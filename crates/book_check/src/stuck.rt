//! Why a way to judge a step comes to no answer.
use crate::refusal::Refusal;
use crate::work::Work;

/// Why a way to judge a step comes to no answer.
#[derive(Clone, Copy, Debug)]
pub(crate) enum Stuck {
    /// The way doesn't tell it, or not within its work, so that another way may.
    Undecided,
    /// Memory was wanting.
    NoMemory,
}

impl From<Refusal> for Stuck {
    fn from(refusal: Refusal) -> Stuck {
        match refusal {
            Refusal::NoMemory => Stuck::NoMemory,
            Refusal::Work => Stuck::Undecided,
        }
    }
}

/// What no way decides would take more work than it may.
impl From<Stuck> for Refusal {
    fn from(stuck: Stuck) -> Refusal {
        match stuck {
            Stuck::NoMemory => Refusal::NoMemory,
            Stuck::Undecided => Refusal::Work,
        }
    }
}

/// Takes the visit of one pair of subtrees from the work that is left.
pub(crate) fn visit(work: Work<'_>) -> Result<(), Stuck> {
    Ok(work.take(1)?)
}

> _DIRECTIONS FOR THIS TASK_
Word for word, set down the complete listing once more.

> _EXPECTED ANSWER_
filename crates/book_check/src/stuck.rt
//! Why a way to judge a step comes to no answer.
use crate::refusal::Refusal;
use crate::work::Work;

/// Why a way to judge a step comes to no answer.
#[derive(Clone, Copy, Debug)]
pub(crate) enum Stuck {
    /// The way doesn't tell it, or not within its work, so that another way may.
    Undecided,
    /// Memory was wanting.
    NoMemory,
}

impl From<Refusal> for Stuck {
    fn from(refusal: Refusal) -> Stuck {
        match refusal {
            Refusal::NoMemory => Stuck::NoMemory,
            Refusal::Work => Stuck::Undecided,
        }
    }
}

/// What no way decides would take more work than it may.
impl From<Stuck> for Refusal {
    fn from(stuck: Stuck) -> Refusal {
        match stuck {
            Stuck::NoMemory => Refusal::NoMemory,
            Stuck::Undecided => Refusal::Work,
        }
    }
}

/// Takes the visit of one pair of subtrees from the work that is left.
pub(crate) fn visit(work: Work<'_>) -> Result<(), Stuck> {
    Ok(work.take(1)?)
}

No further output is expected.